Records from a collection
#####
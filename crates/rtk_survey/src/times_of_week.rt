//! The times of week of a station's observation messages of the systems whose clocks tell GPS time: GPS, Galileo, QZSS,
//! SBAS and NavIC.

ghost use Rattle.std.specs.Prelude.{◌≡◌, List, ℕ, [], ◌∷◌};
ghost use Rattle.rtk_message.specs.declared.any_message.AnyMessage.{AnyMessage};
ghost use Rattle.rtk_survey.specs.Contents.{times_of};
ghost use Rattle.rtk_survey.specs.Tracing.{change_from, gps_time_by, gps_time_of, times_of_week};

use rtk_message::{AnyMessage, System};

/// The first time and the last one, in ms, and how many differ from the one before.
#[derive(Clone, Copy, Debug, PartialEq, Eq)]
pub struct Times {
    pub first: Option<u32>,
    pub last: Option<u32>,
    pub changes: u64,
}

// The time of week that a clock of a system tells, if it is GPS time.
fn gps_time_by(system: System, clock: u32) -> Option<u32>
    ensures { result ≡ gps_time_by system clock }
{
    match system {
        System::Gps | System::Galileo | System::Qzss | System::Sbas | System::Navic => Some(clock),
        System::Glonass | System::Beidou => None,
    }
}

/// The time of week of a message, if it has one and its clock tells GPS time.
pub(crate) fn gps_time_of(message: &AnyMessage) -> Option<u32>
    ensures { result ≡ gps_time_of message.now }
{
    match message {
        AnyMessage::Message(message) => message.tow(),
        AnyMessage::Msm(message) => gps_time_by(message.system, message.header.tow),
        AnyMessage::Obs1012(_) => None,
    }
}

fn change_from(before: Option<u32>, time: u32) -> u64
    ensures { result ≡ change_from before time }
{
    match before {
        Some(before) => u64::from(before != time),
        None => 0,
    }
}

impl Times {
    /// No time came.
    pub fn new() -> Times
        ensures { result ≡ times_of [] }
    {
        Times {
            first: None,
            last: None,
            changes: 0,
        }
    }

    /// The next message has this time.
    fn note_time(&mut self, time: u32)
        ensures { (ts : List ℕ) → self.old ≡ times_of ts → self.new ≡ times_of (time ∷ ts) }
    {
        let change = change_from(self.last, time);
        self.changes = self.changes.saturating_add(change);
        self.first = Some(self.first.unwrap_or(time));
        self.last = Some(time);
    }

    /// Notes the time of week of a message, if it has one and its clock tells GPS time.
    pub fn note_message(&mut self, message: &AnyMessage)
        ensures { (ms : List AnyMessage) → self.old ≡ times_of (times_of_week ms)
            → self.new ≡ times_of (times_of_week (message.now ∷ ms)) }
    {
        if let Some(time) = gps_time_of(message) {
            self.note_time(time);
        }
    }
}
#####
### EXERCISE DETAILS
Within the data above, pick out all lines holding the word "List".

### RESPONSE TO THIS TASK
ghost use Rattle.std.specs.Prelude.{◌≡◌, List, ℕ, [], ◌∷◌};
        ensures { (ts : List ℕ) → self.old ≡ times_of ts → self.new ≡ times_of (time ∷ ts) }
        ensures { (ms : List AnyMessage) → self.old ≡ times_of (times_of_week ms)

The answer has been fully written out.